======== The input

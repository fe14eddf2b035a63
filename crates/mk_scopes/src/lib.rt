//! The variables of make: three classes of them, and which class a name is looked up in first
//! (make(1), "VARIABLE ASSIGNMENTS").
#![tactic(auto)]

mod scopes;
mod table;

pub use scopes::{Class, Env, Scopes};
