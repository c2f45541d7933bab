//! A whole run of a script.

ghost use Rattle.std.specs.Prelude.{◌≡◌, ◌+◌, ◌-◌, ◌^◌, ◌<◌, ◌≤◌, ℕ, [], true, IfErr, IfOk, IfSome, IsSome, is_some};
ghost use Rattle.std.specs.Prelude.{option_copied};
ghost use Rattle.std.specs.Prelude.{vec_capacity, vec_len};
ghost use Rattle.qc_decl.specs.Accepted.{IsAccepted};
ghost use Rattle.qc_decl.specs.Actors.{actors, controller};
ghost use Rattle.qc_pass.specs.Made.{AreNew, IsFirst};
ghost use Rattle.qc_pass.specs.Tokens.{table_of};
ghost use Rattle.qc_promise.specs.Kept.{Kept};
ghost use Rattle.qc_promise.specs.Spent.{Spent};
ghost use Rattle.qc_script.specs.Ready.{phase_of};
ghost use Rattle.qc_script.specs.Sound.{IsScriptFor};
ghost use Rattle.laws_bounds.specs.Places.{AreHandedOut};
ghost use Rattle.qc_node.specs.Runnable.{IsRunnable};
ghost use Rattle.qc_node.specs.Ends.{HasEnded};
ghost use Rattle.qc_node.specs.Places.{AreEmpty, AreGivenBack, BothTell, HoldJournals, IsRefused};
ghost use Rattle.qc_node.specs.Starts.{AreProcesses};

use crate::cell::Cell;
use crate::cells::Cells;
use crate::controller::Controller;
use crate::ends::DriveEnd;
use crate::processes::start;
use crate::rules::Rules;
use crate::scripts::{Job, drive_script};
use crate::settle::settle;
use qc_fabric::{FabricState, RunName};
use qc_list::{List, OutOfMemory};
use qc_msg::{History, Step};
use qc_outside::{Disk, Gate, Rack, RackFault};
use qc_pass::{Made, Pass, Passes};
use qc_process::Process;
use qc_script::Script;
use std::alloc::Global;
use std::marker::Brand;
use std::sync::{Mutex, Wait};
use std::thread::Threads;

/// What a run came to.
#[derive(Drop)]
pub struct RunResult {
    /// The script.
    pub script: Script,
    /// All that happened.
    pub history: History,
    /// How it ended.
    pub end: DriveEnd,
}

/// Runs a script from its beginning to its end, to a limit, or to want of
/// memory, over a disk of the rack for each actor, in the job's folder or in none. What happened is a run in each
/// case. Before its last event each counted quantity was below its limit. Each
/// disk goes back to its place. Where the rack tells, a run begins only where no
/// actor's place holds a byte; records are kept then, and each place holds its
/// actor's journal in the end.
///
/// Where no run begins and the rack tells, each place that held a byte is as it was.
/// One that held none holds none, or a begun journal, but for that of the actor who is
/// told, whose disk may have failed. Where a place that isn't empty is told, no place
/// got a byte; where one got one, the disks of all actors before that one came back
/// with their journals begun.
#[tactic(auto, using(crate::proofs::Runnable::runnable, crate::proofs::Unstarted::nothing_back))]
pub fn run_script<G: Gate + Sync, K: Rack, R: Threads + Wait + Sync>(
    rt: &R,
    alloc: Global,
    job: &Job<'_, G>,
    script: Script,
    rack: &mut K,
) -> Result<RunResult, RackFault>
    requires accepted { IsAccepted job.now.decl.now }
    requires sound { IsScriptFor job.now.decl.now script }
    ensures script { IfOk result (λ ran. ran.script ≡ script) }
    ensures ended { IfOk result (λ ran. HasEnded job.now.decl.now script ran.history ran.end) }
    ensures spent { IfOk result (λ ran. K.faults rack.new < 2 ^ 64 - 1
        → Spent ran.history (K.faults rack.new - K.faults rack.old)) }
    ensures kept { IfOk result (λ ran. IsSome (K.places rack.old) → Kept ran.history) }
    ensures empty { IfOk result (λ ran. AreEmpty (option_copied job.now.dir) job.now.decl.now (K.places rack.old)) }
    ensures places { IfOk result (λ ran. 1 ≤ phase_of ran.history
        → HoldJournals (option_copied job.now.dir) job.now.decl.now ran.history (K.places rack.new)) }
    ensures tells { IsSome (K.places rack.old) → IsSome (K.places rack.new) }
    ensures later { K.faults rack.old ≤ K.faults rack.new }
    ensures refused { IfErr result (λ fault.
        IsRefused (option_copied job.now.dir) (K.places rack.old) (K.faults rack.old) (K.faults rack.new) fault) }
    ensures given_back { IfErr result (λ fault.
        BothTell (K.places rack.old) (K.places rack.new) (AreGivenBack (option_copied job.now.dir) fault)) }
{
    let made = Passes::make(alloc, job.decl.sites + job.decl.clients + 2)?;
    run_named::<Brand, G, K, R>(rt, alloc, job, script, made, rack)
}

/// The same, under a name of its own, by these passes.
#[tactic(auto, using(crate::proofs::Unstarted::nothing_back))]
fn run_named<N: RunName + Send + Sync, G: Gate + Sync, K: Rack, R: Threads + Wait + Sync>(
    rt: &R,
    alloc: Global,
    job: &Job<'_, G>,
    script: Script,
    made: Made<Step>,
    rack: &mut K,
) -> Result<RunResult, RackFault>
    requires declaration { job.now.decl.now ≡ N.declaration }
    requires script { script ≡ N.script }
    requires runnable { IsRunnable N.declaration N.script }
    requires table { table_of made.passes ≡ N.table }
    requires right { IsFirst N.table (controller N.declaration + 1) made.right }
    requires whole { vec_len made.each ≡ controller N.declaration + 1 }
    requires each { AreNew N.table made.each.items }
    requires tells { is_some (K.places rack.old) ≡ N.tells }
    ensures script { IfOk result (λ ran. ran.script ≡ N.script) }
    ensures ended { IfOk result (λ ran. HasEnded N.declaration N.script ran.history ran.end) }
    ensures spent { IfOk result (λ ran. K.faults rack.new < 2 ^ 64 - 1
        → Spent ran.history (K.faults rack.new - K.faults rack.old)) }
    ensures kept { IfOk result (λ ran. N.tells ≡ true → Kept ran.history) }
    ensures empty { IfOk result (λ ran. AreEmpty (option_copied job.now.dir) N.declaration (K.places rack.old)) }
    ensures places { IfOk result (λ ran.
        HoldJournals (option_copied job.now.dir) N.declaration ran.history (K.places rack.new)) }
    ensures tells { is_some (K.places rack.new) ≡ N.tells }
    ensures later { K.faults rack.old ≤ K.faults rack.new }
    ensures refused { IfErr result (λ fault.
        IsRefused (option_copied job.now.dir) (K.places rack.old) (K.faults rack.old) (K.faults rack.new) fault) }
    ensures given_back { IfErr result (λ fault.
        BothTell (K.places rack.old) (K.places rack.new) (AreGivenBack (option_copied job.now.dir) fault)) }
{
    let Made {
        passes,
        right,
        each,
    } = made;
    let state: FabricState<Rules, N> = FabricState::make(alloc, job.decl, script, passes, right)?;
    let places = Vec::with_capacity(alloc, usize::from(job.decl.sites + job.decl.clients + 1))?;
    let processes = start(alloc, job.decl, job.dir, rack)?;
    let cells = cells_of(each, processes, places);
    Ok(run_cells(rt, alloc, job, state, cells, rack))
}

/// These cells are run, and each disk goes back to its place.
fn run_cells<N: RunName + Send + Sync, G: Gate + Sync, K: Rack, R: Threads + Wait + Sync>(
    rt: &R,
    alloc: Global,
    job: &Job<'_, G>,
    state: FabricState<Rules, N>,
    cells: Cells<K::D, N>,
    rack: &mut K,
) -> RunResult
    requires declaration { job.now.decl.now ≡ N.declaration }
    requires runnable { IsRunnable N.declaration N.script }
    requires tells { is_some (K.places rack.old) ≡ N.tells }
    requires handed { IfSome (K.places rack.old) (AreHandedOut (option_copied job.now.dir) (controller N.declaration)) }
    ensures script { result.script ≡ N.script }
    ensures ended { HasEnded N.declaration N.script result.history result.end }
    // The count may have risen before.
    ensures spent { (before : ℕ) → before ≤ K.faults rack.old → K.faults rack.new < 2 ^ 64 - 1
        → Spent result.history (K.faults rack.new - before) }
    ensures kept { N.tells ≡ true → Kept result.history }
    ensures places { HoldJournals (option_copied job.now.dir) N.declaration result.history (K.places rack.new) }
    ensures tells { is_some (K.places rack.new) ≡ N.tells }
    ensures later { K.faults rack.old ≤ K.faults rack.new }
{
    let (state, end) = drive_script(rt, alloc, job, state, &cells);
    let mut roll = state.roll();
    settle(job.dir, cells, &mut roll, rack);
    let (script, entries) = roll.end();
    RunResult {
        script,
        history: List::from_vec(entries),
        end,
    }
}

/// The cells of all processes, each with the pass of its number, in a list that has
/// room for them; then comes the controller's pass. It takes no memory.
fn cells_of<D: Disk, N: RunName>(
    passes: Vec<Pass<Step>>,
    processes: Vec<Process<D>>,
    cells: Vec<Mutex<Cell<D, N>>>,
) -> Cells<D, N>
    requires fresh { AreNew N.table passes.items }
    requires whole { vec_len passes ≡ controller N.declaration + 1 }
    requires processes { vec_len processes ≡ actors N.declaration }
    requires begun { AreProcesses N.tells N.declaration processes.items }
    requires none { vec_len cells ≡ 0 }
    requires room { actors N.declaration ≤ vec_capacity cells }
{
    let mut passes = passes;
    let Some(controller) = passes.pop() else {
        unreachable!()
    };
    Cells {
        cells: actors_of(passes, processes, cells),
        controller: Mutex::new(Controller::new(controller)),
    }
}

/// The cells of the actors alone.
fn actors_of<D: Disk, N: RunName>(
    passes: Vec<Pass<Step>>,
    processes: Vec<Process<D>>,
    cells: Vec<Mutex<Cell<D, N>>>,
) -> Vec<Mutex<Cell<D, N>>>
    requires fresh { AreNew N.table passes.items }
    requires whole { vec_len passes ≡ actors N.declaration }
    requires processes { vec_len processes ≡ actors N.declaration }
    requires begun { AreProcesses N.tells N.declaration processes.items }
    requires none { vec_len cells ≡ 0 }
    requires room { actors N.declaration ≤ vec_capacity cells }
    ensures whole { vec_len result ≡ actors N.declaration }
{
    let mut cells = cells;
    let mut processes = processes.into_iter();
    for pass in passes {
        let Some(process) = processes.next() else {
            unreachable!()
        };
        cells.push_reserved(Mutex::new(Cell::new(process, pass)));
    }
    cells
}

================
======== The input

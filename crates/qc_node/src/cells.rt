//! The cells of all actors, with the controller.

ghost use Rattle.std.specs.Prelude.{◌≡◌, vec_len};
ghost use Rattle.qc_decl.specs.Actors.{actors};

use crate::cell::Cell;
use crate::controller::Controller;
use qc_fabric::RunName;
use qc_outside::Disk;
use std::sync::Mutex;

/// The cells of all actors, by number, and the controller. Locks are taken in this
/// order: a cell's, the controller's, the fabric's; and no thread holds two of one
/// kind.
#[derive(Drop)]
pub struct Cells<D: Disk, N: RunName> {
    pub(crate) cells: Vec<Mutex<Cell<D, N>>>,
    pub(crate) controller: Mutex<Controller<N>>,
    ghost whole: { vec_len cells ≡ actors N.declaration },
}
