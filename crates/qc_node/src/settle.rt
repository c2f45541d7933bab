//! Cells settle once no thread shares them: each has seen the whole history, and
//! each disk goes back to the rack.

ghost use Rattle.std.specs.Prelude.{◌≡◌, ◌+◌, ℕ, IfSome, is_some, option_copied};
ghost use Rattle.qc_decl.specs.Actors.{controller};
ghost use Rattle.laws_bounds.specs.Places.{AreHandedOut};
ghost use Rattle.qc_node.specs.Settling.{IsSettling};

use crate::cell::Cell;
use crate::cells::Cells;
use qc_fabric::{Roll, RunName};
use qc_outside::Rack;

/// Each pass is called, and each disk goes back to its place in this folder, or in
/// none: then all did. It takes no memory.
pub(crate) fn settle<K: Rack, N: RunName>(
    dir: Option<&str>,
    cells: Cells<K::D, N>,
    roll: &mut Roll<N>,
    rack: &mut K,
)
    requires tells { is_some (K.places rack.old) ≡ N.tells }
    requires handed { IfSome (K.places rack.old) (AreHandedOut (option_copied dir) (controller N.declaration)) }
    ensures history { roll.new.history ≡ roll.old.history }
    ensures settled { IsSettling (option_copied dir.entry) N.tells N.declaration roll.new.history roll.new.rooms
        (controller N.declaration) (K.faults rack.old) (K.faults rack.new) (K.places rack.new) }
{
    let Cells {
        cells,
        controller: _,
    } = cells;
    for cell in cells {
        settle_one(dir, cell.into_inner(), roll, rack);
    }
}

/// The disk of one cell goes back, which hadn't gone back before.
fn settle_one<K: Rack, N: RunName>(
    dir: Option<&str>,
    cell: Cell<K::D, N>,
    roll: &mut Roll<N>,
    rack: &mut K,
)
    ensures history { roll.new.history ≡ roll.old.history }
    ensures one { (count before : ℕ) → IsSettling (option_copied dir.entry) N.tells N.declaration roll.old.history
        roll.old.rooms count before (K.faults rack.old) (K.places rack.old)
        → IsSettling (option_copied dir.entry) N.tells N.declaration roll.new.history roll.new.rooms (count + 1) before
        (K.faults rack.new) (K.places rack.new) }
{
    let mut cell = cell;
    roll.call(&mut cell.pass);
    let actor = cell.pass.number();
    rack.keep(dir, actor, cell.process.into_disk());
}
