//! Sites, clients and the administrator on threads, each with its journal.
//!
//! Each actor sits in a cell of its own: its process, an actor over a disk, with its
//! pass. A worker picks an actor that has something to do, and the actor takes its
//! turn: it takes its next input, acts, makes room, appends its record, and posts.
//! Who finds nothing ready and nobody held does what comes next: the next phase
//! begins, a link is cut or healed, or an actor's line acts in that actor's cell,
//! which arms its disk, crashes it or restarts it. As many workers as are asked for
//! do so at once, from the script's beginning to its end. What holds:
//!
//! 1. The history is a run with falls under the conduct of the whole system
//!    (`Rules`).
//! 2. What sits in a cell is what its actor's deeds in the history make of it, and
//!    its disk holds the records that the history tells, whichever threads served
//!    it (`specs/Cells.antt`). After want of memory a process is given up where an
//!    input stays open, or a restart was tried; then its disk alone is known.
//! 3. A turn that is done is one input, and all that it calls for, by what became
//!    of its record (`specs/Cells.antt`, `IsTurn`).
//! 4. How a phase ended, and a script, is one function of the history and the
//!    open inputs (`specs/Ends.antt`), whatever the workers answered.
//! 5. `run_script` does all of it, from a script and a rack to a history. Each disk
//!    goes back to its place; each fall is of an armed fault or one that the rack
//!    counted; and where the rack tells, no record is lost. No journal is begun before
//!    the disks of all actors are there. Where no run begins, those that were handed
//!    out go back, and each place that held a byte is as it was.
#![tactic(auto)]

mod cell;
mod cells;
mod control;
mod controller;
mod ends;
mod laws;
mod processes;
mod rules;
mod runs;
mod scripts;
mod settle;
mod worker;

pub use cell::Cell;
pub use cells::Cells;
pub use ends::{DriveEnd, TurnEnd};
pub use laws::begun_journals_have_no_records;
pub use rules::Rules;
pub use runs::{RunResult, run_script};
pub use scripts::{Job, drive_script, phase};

================
======== The input

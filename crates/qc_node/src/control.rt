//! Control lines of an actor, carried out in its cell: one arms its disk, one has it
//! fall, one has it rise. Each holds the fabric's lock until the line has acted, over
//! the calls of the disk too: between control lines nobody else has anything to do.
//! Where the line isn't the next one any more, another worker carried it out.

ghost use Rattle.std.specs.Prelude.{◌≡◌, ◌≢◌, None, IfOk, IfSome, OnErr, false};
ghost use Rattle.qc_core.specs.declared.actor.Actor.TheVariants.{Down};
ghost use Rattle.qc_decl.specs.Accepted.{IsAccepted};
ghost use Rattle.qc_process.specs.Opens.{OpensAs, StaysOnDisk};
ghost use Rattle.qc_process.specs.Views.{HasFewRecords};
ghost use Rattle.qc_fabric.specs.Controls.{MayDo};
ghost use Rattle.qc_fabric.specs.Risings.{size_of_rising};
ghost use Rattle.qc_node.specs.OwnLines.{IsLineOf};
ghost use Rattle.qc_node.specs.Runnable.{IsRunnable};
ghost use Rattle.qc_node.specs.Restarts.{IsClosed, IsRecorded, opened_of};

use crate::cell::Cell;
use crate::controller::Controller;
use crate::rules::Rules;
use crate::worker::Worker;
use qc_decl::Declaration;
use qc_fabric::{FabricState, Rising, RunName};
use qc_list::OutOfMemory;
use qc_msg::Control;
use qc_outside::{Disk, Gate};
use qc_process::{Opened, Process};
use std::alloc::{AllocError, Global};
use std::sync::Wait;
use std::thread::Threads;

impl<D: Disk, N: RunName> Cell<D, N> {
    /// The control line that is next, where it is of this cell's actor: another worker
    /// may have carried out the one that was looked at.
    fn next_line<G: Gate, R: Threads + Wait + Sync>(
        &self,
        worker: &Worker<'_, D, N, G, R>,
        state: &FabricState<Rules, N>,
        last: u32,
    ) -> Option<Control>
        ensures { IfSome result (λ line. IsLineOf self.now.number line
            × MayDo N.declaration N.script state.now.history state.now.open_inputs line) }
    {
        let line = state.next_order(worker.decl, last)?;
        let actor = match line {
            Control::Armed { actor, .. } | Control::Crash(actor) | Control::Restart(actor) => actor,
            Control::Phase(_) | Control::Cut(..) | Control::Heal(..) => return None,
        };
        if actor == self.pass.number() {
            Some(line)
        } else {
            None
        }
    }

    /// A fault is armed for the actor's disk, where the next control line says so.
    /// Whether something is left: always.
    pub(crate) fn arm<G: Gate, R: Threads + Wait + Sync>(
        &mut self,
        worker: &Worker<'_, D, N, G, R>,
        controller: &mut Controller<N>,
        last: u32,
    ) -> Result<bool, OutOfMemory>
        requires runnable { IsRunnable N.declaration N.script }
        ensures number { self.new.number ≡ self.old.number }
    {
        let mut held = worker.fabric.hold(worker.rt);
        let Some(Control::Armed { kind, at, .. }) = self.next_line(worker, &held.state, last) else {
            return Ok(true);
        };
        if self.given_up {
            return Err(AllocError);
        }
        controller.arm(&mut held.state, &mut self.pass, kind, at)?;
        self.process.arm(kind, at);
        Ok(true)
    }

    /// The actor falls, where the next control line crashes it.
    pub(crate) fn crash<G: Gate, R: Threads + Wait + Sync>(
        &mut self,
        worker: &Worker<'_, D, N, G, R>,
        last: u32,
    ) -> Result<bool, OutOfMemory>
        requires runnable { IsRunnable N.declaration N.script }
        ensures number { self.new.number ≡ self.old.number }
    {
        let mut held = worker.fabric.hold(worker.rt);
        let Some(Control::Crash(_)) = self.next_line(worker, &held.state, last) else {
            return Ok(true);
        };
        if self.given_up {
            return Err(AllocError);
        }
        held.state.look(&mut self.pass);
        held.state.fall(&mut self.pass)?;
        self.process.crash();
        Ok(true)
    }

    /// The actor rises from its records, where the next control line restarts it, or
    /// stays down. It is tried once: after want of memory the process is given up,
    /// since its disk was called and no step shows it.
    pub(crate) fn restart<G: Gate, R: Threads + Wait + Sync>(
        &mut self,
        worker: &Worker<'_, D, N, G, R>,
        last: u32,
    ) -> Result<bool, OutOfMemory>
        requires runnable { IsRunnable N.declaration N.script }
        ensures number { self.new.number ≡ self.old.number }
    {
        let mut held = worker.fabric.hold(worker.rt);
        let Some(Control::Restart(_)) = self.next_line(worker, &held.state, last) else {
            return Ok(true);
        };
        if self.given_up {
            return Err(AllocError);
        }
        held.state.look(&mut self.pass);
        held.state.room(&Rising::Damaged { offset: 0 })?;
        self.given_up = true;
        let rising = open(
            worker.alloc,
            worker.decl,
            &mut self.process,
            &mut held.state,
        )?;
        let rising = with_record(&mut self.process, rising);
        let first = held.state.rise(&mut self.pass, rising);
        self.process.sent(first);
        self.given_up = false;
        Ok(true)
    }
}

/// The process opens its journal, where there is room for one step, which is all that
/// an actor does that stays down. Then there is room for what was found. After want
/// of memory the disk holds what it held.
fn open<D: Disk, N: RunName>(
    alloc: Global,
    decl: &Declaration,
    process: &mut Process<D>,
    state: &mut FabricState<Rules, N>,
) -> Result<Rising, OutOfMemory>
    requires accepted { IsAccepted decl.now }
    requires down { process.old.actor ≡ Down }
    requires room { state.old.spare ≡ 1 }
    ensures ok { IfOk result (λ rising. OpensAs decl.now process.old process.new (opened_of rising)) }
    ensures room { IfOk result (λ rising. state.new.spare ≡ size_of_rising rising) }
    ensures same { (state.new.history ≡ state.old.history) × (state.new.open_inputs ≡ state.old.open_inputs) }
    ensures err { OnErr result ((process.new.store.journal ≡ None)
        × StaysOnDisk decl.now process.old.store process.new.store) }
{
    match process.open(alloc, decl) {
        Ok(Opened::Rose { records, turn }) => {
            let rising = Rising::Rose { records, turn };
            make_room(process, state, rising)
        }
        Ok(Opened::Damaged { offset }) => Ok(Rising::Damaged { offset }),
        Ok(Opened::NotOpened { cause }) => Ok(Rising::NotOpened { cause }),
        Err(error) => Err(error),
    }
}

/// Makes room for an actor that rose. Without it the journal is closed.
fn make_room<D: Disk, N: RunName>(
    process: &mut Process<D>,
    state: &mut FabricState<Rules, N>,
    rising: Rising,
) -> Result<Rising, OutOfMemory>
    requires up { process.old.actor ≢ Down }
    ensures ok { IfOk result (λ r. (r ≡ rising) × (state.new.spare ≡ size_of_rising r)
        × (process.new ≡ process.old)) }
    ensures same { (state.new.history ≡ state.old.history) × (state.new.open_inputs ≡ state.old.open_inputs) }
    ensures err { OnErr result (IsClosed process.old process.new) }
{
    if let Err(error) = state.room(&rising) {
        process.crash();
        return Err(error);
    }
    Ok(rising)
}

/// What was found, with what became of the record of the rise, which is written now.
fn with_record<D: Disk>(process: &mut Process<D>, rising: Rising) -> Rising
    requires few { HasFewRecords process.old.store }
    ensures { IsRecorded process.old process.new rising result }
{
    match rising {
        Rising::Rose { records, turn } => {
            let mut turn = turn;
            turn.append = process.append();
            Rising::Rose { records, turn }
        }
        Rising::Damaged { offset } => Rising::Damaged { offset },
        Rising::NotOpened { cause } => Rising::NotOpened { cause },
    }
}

================

**Problem details:** In the entries above, find each line with "happened" and copy it.

**Response to this task:**
    /// All that happened.
/// memory, over a disk of the rack for each actor, in the job's folder or in none. What happened is a run in each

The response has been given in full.